Select from two factions - same as WoW, WAR, EQ2, etc. Select a race. Select a class. Same as pretty much every MMO in history. You've got a button bar with a few abilities. You've got a health bar and a mana bar. Same as everything else. There's a guy standing in front of you offering a quest. You do quests, and the combat they entail involves targeting monsters and tapping your ability buttons until they die. You level up. Levelling up allows you to pick a stat to increase and a talent point to spend - a system which, although it isn't the same as any recent MMO I've played, is much the same as Diablo II. Add in some rep grinds with items to buy at various rep levels - just like WoW and LOTRO - and I was yawning.

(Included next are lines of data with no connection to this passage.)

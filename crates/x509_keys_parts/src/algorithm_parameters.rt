//! The parameters of algorithm identifiers, which the object identifier chooses.

ghost use Rattle.std.specs.Prelude.{◌≡◌, IsTrue, true};
ghost use Rattle.std.specs.List.{list_any};
ghost use Rattle.std.specs.Option.{is_none};
ghost use Rattle.x509_der.specs.Reading.{Ready, Reads, Passes, thrifty};
ghost use Rattle.x509_der.specs.ObjectIdentifier.{is_arcs, arcs_spelled};
ghost use Rattle.x509_keys_parts.specs.AlgorithmKinds.{rsa_algorithms, bare_algorithms, kind_of as kind_by};
ghost use Rattle.x509_keys_parts.specs.AlgorithmParameters.{parameters_bytes, AreParameters, if_null, if_aes, by_kind, parameters_avoid};
ghost use Rattle.x509_keys_parts.specs.AlgorithmIdentifier.{are_absent, chosen_by};

use crate::aes::AesParameters;
use crate::ec_parameters::EcParameters;
use crate::hash_algorithm::HashAlgorithm;
use crate::key_kind::{KeyKind, key_kind};
use crate::pss_form::{pass_pss, read_pss};
use crate::rsassa_pss::{MaskGenAlgorithm, RsassaPssParams};
use std::alloc::{Allocator, Global};
use x509_der::parts::{AnyDefinedBy, Field, OidRef, Optional, Output, Reader, pass_oid};
use x509_der::{
    CloneEq, ObjectIdentifier, ObjectIdentifierAsn1, ReadError, SameEq, ToDer, TooLong,
};

/// The parameters of an algorithm identifier. Which of them an algorithm has, its object identifier says.
#[derive(Drop)]
#[derive_where(Debug, PartialEq, Eq)]
#[derive_where(Clone; A: Copy)]
pub enum AlgorithmIdentifierParameters<A: Allocator = Global> {
    /// The field is absent.
    None,
    /// NULL.
    Null,
    /// Those of AES.
    Aes(AesParameters<A>),
    /// The curve of an elliptic curve key.
    Ec(EcParameters<A>),
    /// Those of RSASSA-PSS.
    RsassaPss(RsassaPssParams<A>),
}

impl<A: Allocator + Copy> CloneEq for AlgorithmIdentifierParameters<A> {
    ghost use Rattle.std.proofs.Common.{rules};

    ghost exact = { Prim.search (rules) };
}

impl<A: Allocator> SameEq for AlgorithmIdentifierParameters<A> {
    fn decides() {
        AesParameters::<A>::decides();
        EcParameters::<A>::decides();
        RsassaPssParams::<A>::decides();
    }
}

/// Which parameters an algorithm has.
#[derive(Debug, Drop, Clone, Copy, PartialEq, Eq)]
pub enum AlgorithmKind {
    /// RSA keys, and signatures with a hash function of their own: NULL, which some leave out.
    Rsa,
    /// RSASSA-PSS: its parameters.
    RsassaPss,
    /// Elliptic curve keys: a curve.
    EcPublicKey,
    /// Signatures and keys that have none.
    Bare,
    /// AES: those of the mode, or none.
    Aes,
    /// Hash functions: NULL.
    Hash,
    /// The object identifier isn't known, and so no parameters are read behind it.
    Unknown,
}

/// The contents of the object identifiers of RSA keys, and of RSASSA-PKCS1-v1_5 with each hash function.
const RSA_CONTENTS: &[&[u8]] = &[
    &[0x2A, 0x86, 0x48, 0x86, 0xF7, 0x0D, 1, 1, 1],
    &[0x2A, 0x86, 0x48, 0x86, 0xF7, 0x0D, 1, 1, 5],
    &[0x2A, 0x86, 0x48, 0x86, 0xF7, 0x0D, 1, 1, 0x0E],
    &[0x2A, 0x86, 0x48, 0x86, 0xF7, 0x0D, 1, 1, 0x0B],
    &[0x2A, 0x86, 0x48, 0x86, 0xF7, 0x0D, 1, 1, 0x0C],
    &[0x2A, 0x86, 0x48, 0x86, 0xF7, 0x0D, 1, 1, 0x0D],
    &[0x60, 0x86, 0x48, 1, 0x65, 3, 4, 3, 0x0D],
    &[0x60, 0x86, 0x48, 1, 0x65, 3, 4, 3, 0x0E],
    &[0x60, 0x86, 0x48, 1, 0x65, 3, 4, 3, 0x0F],
    &[0x60, 0x86, 0x48, 1, 0x65, 3, 4, 3, 0x10],
];

/// The contents of those of ECDSA with each hash function, Ed25519, Ed448, X25519, X448, ML-DSA and DSA with SHA-1.
const BARE_CONTENTS: &[&[u8]] = &[
    &[0x2A, 0x86, 0x48, 0xCE, 0x3D, 4, 3, 2],
    &[0x2A, 0x86, 0x48, 0xCE, 0x3D, 4, 3, 3],
    &[0x2A, 0x86, 0x48, 0xCE, 0x3D, 4, 3, 4],
    &[0x60, 0x86, 0x48, 1, 0x65, 3, 4, 3, 9],
    &[0x60, 0x86, 0x48, 1, 0x65, 3, 4, 3, 0x0A],
    &[0x60, 0x86, 0x48, 1, 0x65, 3, 4, 3, 0x0B],
    &[0x60, 0x86, 0x48, 1, 0x65, 3, 4, 3, 0x0C],
    &[0x2B, 0x65, 0x70],
    &[0x2B, 0x65, 0x71],
    &[0x2B, 0x65, 0x6E],
    &[0x2B, 0x65, 0x6F],
    &[0x60, 0x86, 0x48, 1, 0x65, 3, 4, 3, 0x11],
    &[0x60, 0x86, 0x48, 1, 0x65, 3, 4, 3, 0x12],
    &[0x60, 0x86, 0x48, 1, 0x65, 3, 4, 3, 0x13],
    &[0x2A, 0x86, 0x48, 0xCE, 0x38, 4, 3],
];

/// Whether two contents end alike. Those of one family differ in their last byte, so that most are told apart by it
/// alone.
fn end_alike(one: &[u8], other: &[u8]) -> bool
    ensures { one.now ≡ other.now → IsTrue result }
{
    if one.is_empty() || other.is_empty() {
        return true;
    }
    one[one.len() - 1] == other[other.len() - 1]
}

/// Whether an object identifier has this content.
pub(crate) fn has_content(identifier: &OidRef<'_>, content: &[u8]) -> bool
    ensures { result ≡ is_arcs identifier.now (arcs_spelled content.now) }
{
    end_alike(identifier.content(), content) && identifier.is_content(content)
}

/// Whether the content of an object identifier stands in a table.
pub fn is_among(identifier: &OidRef<'_>, contents: &[&[u8]]) -> bool
    ensures { result ≡ list_any (λ content. is_arcs identifier.now (arcs_spelled content.now)) contents.now }
{
    contents
        .iter()
        .any(|content| has_content(identifier, *content))
}

/// Whether an object identifier is that of RSA keys or signatures, whose parameters are NULL.
pub(crate) fn is_rsa_algorithm(identifier: &OidRef<'_>) -> bool
    ensures { result ≡ list_any (is_arcs identifier.now) rsa_algorithms }
{
    is_among(identifier, RSA_CONTENTS)
}

/// Whether an object identifier is that of an algorithm without parameters.
fn is_bare_algorithm(identifier: &OidRef<'_>) -> bool
    ensures { result ≡ list_any (is_arcs identifier.now) bare_algorithms }
{
    is_among(identifier, BARE_CONTENTS)
}

/// The kind that an object identifier says. Contents are compared, and arcs are decoded of the last kinds alone.
#[tactic(auto, unfolding(x509_der::specs::ObjectIdentifier::numbers_from))]
pub fn kind_of(identifier: &OidRef<'_>) -> AlgorithmKind
    ensures { result ≡ kind_by identifier.now }
{
    if is_rsa_algorithm(identifier) {
        AlgorithmKind::Rsa
    } else if has_content(identifier, &[0x2A, 0x86, 0x48, 0x86, 0xF7, 0x0D, 1, 1, 10]) {
        AlgorithmKind::RsassaPss
    } else if has_content(identifier, &[0x2A, 0x86, 0x48, 0xCE, 0x3D, 2, 1]) {
        AlgorithmKind::EcPublicKey
    } else if is_bare_algorithm(identifier) {
        AlgorithmKind::Bare
    } else if identifier.starts_under(&[2, 16, 840, 1, 101, 3, 4, 1]) {
        AlgorithmKind::Aes
    } else if identifier.starts_under(&[2, 16, 840, 1, 101, 3, 4, 2])
        || identifier.is_arcs(&[1, 3, 14, 3, 2, 26])
    {
        AlgorithmKind::Hash
    } else {
        AlgorithmKind::Unknown
    }
}

impl<A: Allocator> ToDer for AlgorithmIdentifierParameters<A> {
    ghost strict = { parameters_bytes };

    fn put<O: Output>(&self, out: &mut [u8], at: usize) -> Result<usize, TooLong> {
        match self {
            AlgorithmIdentifierParameters::None => Ok(at),
            AlgorithmIdentifierParameters::Null => ().put::<O>(out, at),
            AlgorithmIdentifierParameters::Aes(parameters) => parameters.put::<O>(out, at),
            AlgorithmIdentifierParameters::Ec(parameters) => parameters.put::<O>(out, at),
            AlgorithmIdentifierParameters::RsassaPss(parameters) => parameters.put::<O>(out, at),
        }
    }
}

/// NULL, and none where it is absent.
fn if_null<A: Allocator>(parameters: Optional<()>) -> AlgorithmIdentifierParameters<A>
    ensures { result ≡ if_null parameters }
{
    match parameters {
        Optional(None) => AlgorithmIdentifierParameters::None,
        Optional(Some(())) => AlgorithmIdentifierParameters::Null,
    }
}

/// The parameters of AES, and none where they are absent.
fn if_aes<A: Allocator>(parameters: Optional<AesParameters<A>>) -> AlgorithmIdentifierParameters<A>
    ensures { result ≡ if_aes parameters }
{
    match parameters.0 {
        None => AlgorithmIdentifierParameters::None,
        Some(parameters) => AlgorithmIdentifierParameters::Aes(parameters),
    }
}

/// Says that the value is one of its type. It does nothing when it runs.
fn known_parameters<A: Allocator + Copy>(value: &AlgorithmIdentifierParameters<A>)
    ensures { AreParameters value.now }
{
    match value {
        AlgorithmIdentifierParameters::None | AlgorithmIdentifierParameters::Null => {}
        AlgorithmIdentifierParameters::Aes(parameters) => parameters.known(),
        AlgorithmIdentifierParameters::Ec(parameters) => parameters.known(),
        AlgorithmIdentifierParameters::RsassaPss(parameters) => parameters.known(),
    }
}

/// Reads parameters of a kind.
///
/// # Errors
/// Refused where the kind isn't known or no parameters of it stand there, or memory is refused.
fn read_as<A: Allocator + Copy>(
    alloc: A,
    kind: AlgorithmKind,
    reader: &mut Reader<'_, A>,
) -> Result<AlgorithmIdentifierParameters<A>, ReadError>
    requires { Ready reader.old }
    ensures { Reads (by_kind kind) reader.old reader.new result }
{
    match kind {
        AlgorithmKind::Rsa => Ok(if_null(Optional::read(alloc, reader)?)),
        AlgorithmKind::RsassaPss => Ok(AlgorithmIdentifierParameters::RsassaPss(read_pss(
            alloc, reader,
        )?)),
        AlgorithmKind::EcPublicKey => Ok(AlgorithmIdentifierParameters::Ec(EcParameters::read(
            alloc, reader,
        )?)),
        AlgorithmKind::Bare => Ok(AlgorithmIdentifierParameters::None),
        AlgorithmKind::Aes => Ok(if_aes(Optional::read(alloc, reader)?)),
        AlgorithmKind::Hash => {
            <()>::read(alloc, reader)?;
            Ok(AlgorithmIdentifierParameters::Null)
        }
        AlgorithmKind::Unknown => Err(ReadError::Unsupported),
    }
}

/// What an object identifier says of an algorithm: which parameters it has, and which keys.
#[derive(Debug, Drop, Clone, Copy)]
pub struct Chosen {
    /// Which parameters follow.
    pub parameters: AlgorithmKind,
    /// Which keys the algorithm has.
    pub keys: KeyKind,
}

/// Whether parameters that may be absent are.
fn is_left_out(there: Option<()>) -> bool
    ensures { result ≡ is_none there }
{
    match there {
        Some(()) => false,
        None => true,
    }
}

/// Goes past the parameters of a kind, and says whether they are absent.
///
/// # Errors
/// Refused where no parameters of the kind stand there.
fn pass_as<A: Allocator + Copy>(
    alloc: A,
    kind: AlgorithmKind,
    reader: &mut Reader<'_, A>,
) -> Result<bool, ReadError>
    requires { Ready reader.old }
    ensures { Passes (thrifty (by_kind {A = A} kind)) are_absent reader.old reader.new result }
{
    match kind {
        AlgorithmKind::Rsa => {
            let there = Optional::<()>::pass(alloc, reader)?;
            Ok(is_left_out(there))
        }
        AlgorithmKind::RsassaPss => {
            pass_pss(alloc, reader)?;
            Ok(false)
        }
        AlgorithmKind::EcPublicKey => {
            EcParameters::pass(alloc, reader)?;
            Ok(false)
        }
        AlgorithmKind::Bare => Ok(true),
        AlgorithmKind::Aes => {
            let there = Optional::<AesParameters<A>>::pass(alloc, reader)?;
            Ok(is_left_out(there))
        }
        AlgorithmKind::Hash => {
            <()>::pass(alloc, reader)?;
            Ok(false)
        }
        AlgorithmKind::Unknown => Err(ReadError::Unsupported),
    }
}

impl<A: Allocator + Copy> AnyDefinedBy<ObjectIdentifierAsn1<A>, A>
    for AlgorithmIdentifierParameters<A> {
    ghost use Rattle.x509_keys_parts.specs.facts.AlgorithmParameters.{parameters_family, parameters_agree};

    type Kind = Chosen;

    type BriefBehind = bool;

    ghost shapes = { λ arcs. by_kind (kind_by arcs) };

    ghost kind = { chosen_by };

    ghost brief_behind = { are_absent };

    ghost starts = { λ b. true };

    ghost avoids = { parameters_avoid };

    ghost family = { parameters_family (record {
      nulls = ⟦<() as Field<A>>⟧.lawful tt;
      null_there = ⟦<Optional<()> as Field<A>>⟧.lawful (tt, tt);
      pss = ⟦<RsassaPssParams<A> as Field<A>>⟧.lawful tt;
      curves = ⟦<EcParameters<A> as Field<A>>⟧.lawful tt;
      aes_there = ⟦<Optional<AesParameters<A>> as Field<A>>⟧.lawful (tt, tt);
    }) };

    ghost shapes_agree = { λ arcs v. parameters_agree (kind_by arcs) v };

    fn starts(_byte: u8) -> bool {
        true
    }

    fn known_behind(&self, _key: &ObjectIdentifierAsn1<A>) {
        known_parameters(self);
    }

    fn read_behind(
        alloc: A,
        key: &ObjectIdentifierAsn1<A>,
        reader: &mut Reader<'_, A>,
    ) -> Result<Self, ReadError> {
        read_as(alloc, kind_of(&key.0.lent()), reader)
    }

    fn pass_key(_alloc: A, reader: &mut Reader<'_, A>) -> Result<Chosen, ReadError> {
        let identifier = pass_oid(reader)?;
        Ok(Chosen {
            parameters: kind_of(&identifier),
            keys: key_kind(&identifier),
        })
    }

    fn pass_behind(
        alloc: A,
        chosen: Chosen,
        reader: &mut Reader<'_, A>,
    ) -> Result<bool, ReadError> {
        pass_as(alloc, chosen.parameters, reader)
    }
}
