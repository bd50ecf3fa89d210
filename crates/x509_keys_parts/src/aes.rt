//! AES: its modes, and the parameters of its algorithm identifiers.

ghost use Rattle.std.specs.Prelude.{◌≡◌, refl};
ghost use Rattle.x509_der.specs.laws.Structure.{structure_lawful, structure_element};
ghost use Rattle.x509_keys_parts.specs.AesParameters.{aes_parts, aes_base, aes_parameters};
ghost use Rattle.x509_keys_parts.specs.facts.AesParameters.{aes_of, aes_whole, aes_same, octets_apart, null_apart};

use crate::aes_auth_enc::AesAuthEncParams;
use std::alloc::{Allocator, Global};
use x509_der::parts::{Choice, Field, Output, Reader, Ref, Structure, pass_fields, read_fields};
use x509_der::{CloneEq, FromDer, OctetStringAsn1, ReadError, SameEq, ToDer, TooLong};

/// A mode of operation of AES, for which each key size has an algorithm of its own.
#[derive(Debug, Drop, Clone, Copy, PartialEq, Eq)]
pub enum AesMode {
    /// Electronic codebook.
    Ecb,
    /// Cipher block chaining.
    Cbc,
    /// Output feedback.
    Ofb,
    /// Cipher feedback.
    Cfb,
    /// Key wrap.
    Wrap,
    /// Galois/counter mode.
    Gcm,
    /// Counter with cipher block chaining message authentication code.
    Ccm,
    /// Key wrap with padding.
    WrapPad,
}

impl SameEq for AesMode {
    fn decides() {}
}

/// The parameters of an AES algorithm that has some, told apart by the tag.
///
/// # Encoding
/// `CHOICE { NULL, AES-IV OCTET STRING, SEQUENCE { aes-nonce OCTET STRING, aes-ICVlen INTEGER } }`: NULL for a mode
/// that takes none, an initialization vector (RFC 3565, 4.1), or what authenticated encryption takes (RFC 5084, 3.1
/// and 3.2).
#[derive(Drop)]
#[derive_where(Debug, PartialEq, Eq)]
#[derive_where(Clone; A: Copy)]
pub enum AesParameters<A: Allocator = Global> {
    /// None are needed.
    Null,
    /// The initialization vector.
    InitializationVector(OctetStringAsn1<A>),
    /// A nonce and the length of the integrity check value.
    AuthenticatedEncryptionParameters(AesAuthEncParams<A>),
}

impl<A: Allocator + Copy> CloneEq for AesParameters<A> {
    ghost use Rattle.std.proofs.Common.{rules};

    ghost exact = { Prim.search (rules) };
}

impl<A: Allocator> SameEq for AesParameters<A> {
    fn decides() {
        OctetStringAsn1::<A>::decides();
        AesAuthEncParams::<A>::decides();
    }
}

/// The alternatives, owned or borrowed.
type Nest<N, O, P> = Choice<N, Choice<O, P>>;

/// The alternatives, owned.
type Fields<A> = Nest<(), OctetStringAsn1<A>, AesAuthEncParams<A>>;

/// The alternative that is written, borrowed.
type Written<'a, A> = Nest<(), Ref<'a, OctetStringAsn1<A>>, Ref<'a, AesAuthEncParams<A>>>;

/// The alternative of parameters, to be written.
fn written<A: Allocator>(value: &AesParameters<A>) -> Written<'_, A>
    ensures { result ≡ aes_parts value.now }
{
    match value {
        AesParameters::Null => Choice::First(()),
        AesParameters::InitializationVector(vector) => Choice::Second(Choice::First(Ref(vector))),
        AesParameters::AuthenticatedEncryptionParameters(parameters) => {
            Choice::Second(Choice::Second(Ref(parameters)))
        }
    }
}

impl<A: Allocator> ToDer for AesParameters<A> {
    ghost strict = { λ v. aes_base.strict (aes_parts v) };

    fn put<O: Output>(&self, out: &mut [u8], at: usize) -> Result<usize, TooLong> {
        written(self).put::<O>(out, at)
    }
}

impl<A: Allocator> Structure<Fields<A>> for AesParameters<A> {
    ghost fields = { aes_parts };

    fn from_fields(parts: Fields<A>) -> Self {
        match parts {
            Choice::First(()) => AesParameters::Null,
            Choice::Second(Choice::First(vector)) => AesParameters::InitializationVector(vector),
            Choice::Second(Choice::Second(parameters)) => {
                AesParameters::AuthenticatedEncryptionParameters(parameters)
            }
        }
    }

    ghost same = { aes_same };

    ghost made = { λ f. (aes_of f, aes_whole _ f) };
}

impl<A: Allocator + Copy> Field<A> for AesParameters<A> {
    type Brief = ();

    ghost shape = { aes_parameters };

    ghost brief = { λ v. tt };

    ghost lawful = { λ h. structure_lawful aes_parts aes_base aes_same
        (⟦<Fields<A> as Field<A>>⟧.lawful (
          (tt, ((tt, tt), ((tt, tt), octets_apart))),
          ((tt, (tt, tt)), null_apart),
        )) };

    ghost elements = { λ h. structure_element aes_parts aes_base
        (⟦<Fields<A> as Field<A>>⟧.elements (tt, (tt, tt))) };

    ghost agrees = { λ v. refl };

    fn starts(byte: u8) -> bool {
        <Fields<A> as Field<A>>::starts(byte)
    }

    fn known(&self) {
        match self {
            AesParameters::Null => {}
            AesParameters::InitializationVector(vector) => vector.known(),
            AesParameters::AuthenticatedEncryptionParameters(parameters) => parameters.known(),
        }
    }

    fn read(alloc: A, reader: &mut Reader<'_, A>) -> Result<Self, ReadError> {
        read_fields::<Self, Fields<A>, A>(alloc, reader)
    }

    fn pass(alloc: A, reader: &mut Reader<'_, A>) -> Result<(), ReadError> {
        pass_fields::<Self, Fields<A>, A>(alloc, reader)
    }
}

impl<A: Allocator + Copy> FromDer<A> for AesParameters<A> {
    ghost stands_alone = { (tt, tt) };
}
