//! The extension with an identifier.

ghost use Rattle.std.specs.Prelude.{◌≡◌, ◌↔◌, ◌+◌, IsTrue, List, ℕ};
ghost use Rattle.x509_der.specs.Element.{element, header};
ghost use Rattle.x509_der.specs.Fields.{Stands};
ghost use Rattle.x509_der.specs.Tally.{Tally};
ghost use Rattle.picky_asn1_x509.specs.Extensions.{ExtensionFields, extension as extensions};
ghost use Rattle.x509_values.specs.Extensions.{FindsIn, ToldIf};

use crate::elements::Elements;
use picky_asn1_x509::{Extension, Extensions, laws};
use std::alloc::Allocator;
use x509_der::parts::BOOLEAN_TAG;
use x509_fields::Span;

/// Whether two slices hold the same bytes.
fn is_same(left: &[u8], right: &[u8]) -> bool
    ensures { IsTrue result ↔ (left.now ≡ right.now) }
{
    left == right
}

/// Where the content of the value stands of an extension whose fields are given, where it has the identifier.
fn value_if<A: Allocator + Copy>(fields: Elements<'_>, identifier: &[u8]) -> Option<Span>
    ensures { (v : ExtensionFields A) (n t : ℕ) (slice string : List ℕ) (whole : Tally) → Stands extensions v n slice string whole →
        slice ≡ element t fields.entry.rest → fields.entry.at ≡ n + header fields.entry.rest →
        ToldIf identifier.now string whole v n slice result }
{
    laws::extension_fields::<A>();
    let mut fields = fields;
    let own = fields.take();
    if is_same(own.inside.bytes(), identifier) {
        let next = fields.take();
        if next.tag != BOOLEAN_TAG {
            return Some(next.inside.span());
        }
        let value = fields.take();
        return Some(value.inside.span());
    }
    None
}

/// Where the content of the OCTET STRING stands that holds the value of the first extension with an identifier, in the
/// list of extensions that a span of an input encodes, whatever list it is. The identifier is given by the content of its
/// OBJECT IDENTIFIER: `55 1D 11` is that of `subjectAltName`. Takes no memory. Of a span that encodes no such list it says
/// nothing.
///
/// It is `None` exactly where no extension has the identifier.
pub fn find_extension_within<A: Allocator + Copy>(
    bytes: &[u8],
    span: Span,
    identifier: &[u8],
) -> Option<Span>
    ensures { FindsIn A bytes.now span identifier.now result }
{
    laws::spellings_are_lawful::<Extensions<A>, A>();
    laws::spellings_are_lawful::<Extension<A>, A>();
    let mut list = Elements::over(bytes, span);
    let mut items = list.take().inside;
    'items: while let Some(extension) = items.next() {
        if let Some(value) = value_if::<A>(extension.inside, identifier) {
            return Some(value);
        }
    }
    None
}
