//! The general names of a list, as of an alternative name.

ghost use Rattle.std.specs.Prelude.{◌≡◌, ◌+◌, List, ℕ};
ghost use Rattle.x509_der.specs.Element.{element, header};
ghost use Rattle.x509_der.specs.Fields.{Stands};
ghost use Rattle.x509_der.specs.Tally.{Tally};
ghost use Rattle.x509_names.specs.GeneralNames.{general_name};
ghost use Rattle.x509_names.specs.declared.general_name.GeneralName.{GeneralName as Named};
ghost use Rattle.x509_values.specs.GeneralNames.{GeneralNameTold, NamesWithin};

use crate::elements::{Element, Elements};
use crate::put::put;
use std::alloc::Allocator;
use x509_der::laws::spellings_are_lawful;
use x509_fields::Span;
use x509_names::{GeneralName, GeneralNames};

/// Where a general name stands in an input (RFC 5280, 4.2.1.6).
///
/// Its form is the number in the low five bits of the tag: 0 `otherName`, 1 `rfc822Name`, 2 `dNSName`, 4
/// `directoryName`, 5 `ediPartyName`, 6 `uniformResourceIdentifier`, 7 `iPAddress`, 8 `registeredID`. Under the tags A1,
/// A2, A6, A7 and A8, which are deviations, stands an element in place of its content, and under 84 the content of a name.
#[repr(C)]
#[derive(Clone, Copy, Debug, PartialEq, Eq)]
pub struct GeneralNamePlace {
    /// The tag.
    pub tag: u8,
    /// What stands under the tag.
    pub content: Span,
}

/// Where a general name stands that is the element.
fn placed<A: Allocator + Copy>(name: Element<'_>) -> GeneralNamePlace
    ensures { (v : Named A) (n : ℕ) (slice string : List ℕ) (whole : Tally) → Stands general_name v n slice string whole →
        slice ≡ element name.entry.tag name.entry.inside.rest → name.entry.inside.at ≡ n + header name.entry.inside.rest →
        GeneralNameTold string whole v n slice result }
{
    GeneralNamePlace {
        tag: name.tag,
        content: name.inside.span(),
    }
}

/// Writes where the general names of the list stand that a span of an input encodes, whatever list it is, in order, as far
/// as the slice has room, and answers how many there are. Takes no memory. Of a span that encodes no such list it says
/// nothing.
pub fn general_names_within<A: Allocator + Copy>(
    bytes: &[u8],
    span: Span,
    out: &mut [GeneralNamePlace],
) -> usize
    ensures { NamesWithin A bytes.now span out.old out.new result }
{
    spellings_are_lawful::<GeneralNames<A>, A>();
    spellings_are_lawful::<GeneralName<A>, A>();
    let mut list = Elements::over(bytes, span);
    let mut names = list.take().inside;
    let mut told: usize = 0;
    'names: while let Some(name) = names.next() {
        put(placed::<A>(name), told, out);
        told += 1;
    }
    told
}
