//! The bits of a key usage.

ghost use Rattle.std.specs.Prelude.{◌≡◌, ◌<◌, Bool, false, List, slice_index_or};
ghost use Rattle.x509_der.specs.BitString.{IsBits, bits_of, has_bit};
ghost use Rattle.x509_values.specs.Usages.{UsageBit};

use crate::elements::Elements;
use x509_fields::Span;

/// Whether a byte has the bit that weighs 2 to the power of the place.
fn has_bit(byte: u8, place: u8) -> bool
    requires { place < 8 }
    ensures { result ≡ has_bit byte place }
{
    (byte >> place) % 2 == 1
}

/// The bit at a place of bytes, from the top bit of the first on; false past the end.
fn bit_at(bytes: &[u8], index: usize) -> bool
    ensures { result ≡ slice_index_or (bits_of bytes.now) index false }
{
    let at = index / 8;
    at < bytes.len() && has_bit(bytes[at], 7 - (index % 8) as u8)
}

/// The named bit at a place of a BIT STRING with this content (X.690, 8.6.2 and 11.2.2); false past the end.
fn named_bit(content: &[u8], index: usize) -> bool
    ensures { (v : List Bool) → IsBits v content.now → result ≡ slice_index_or v index false }
{
    match content {
        [_unused, bytes @ ..] => bit_at(bytes, index),
        [] => false,
    }
}

/// The bit at a place of the key usage that a span of an input encodes, whatever usage it is (RFC 5280, 4.2.1.3): 0 is
/// `digitalSignature`, 8 `decipherOnly`. False past the end. Takes no memory. Of a span that encodes no key usage it says
/// nothing.
pub fn usage_bit_within(bytes: &[u8], span: Span, index: usize) -> bool
    ensures { UsageBit bytes.now span index result }
{
    let mut usage = Elements::over(bytes, span);
    named_bit(usage.take().inside.bytes(), index)
}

Crafting I didn't really get to test out. I intended to try tailoring on my Demonologist, so I took dismantling first, in order to get some cloth to tailor with.. and then discovered that you only get one tradeskill unless you spend hundreds of gold to get access to a second. So I can't comment on that area of the game.

Look, it's all very slick and polished - and it's free to play - so I'm sure a lot of people will enjoy it. The endgame of astral ship combat does sound fresh, if you can get that far. But I've probably played ten or more sword & sorcery MMOs, to various degrees, and I really need something different if it's to stand any chance of luring me away.

Coming up next - a game which probably won't capture me long-term, but which is undeniably different from the competition: Atlantica Online.

1 comment:

  1. I'd have to disagree.

    I'd agree that there's not a lot new in Allods. But there is a fair amount that's newish, underused, or spread out across other MMOs that I find pleasantly collected.

    The talent/rubies mix is interesting to me. Sure, Final Fantasy has had talent grids, but the mix of points spent in talents (1/2/3 ranks and points) combined with the talent grids is neat.

    Most classes have a feature that's either unique or underused. Mages have Entropy, which encourages cycling of spells, and creates a metagame. Sure, it's similar to WAR's wizard build ups, but I think it's done better with the three elements.

    Scouts are viable as both melee and ranged. Ranged scouts get the quiver mechanic, which I haven't really seen anywhere else in that way.

    Paladins have the buffers, which again is an entire metagame in and of itself in playing with the damage, moving it, mitigating it.

    Warriors aren't tanks! That right there did it for me. Warriors can tank trash mobs like crazy, but have no real abilities in terms of boss tanks. They're damage. I like that.

    The melee healer is rarely done, but AO has a very viable melee healer spec (which will likely be mocked end game, but it's fun until then). I could continue, but....

    I've seen people say that Allods is actually more like WAR than WoW, and I tend to agree. But it's a WAR that doesn't have WAR's issues....

    I think, for me, Allods is a quite good game, with a number of elements I really, a very high level of polish, and, most importantly, it's free.

    Also, astral ships, and gibberlings.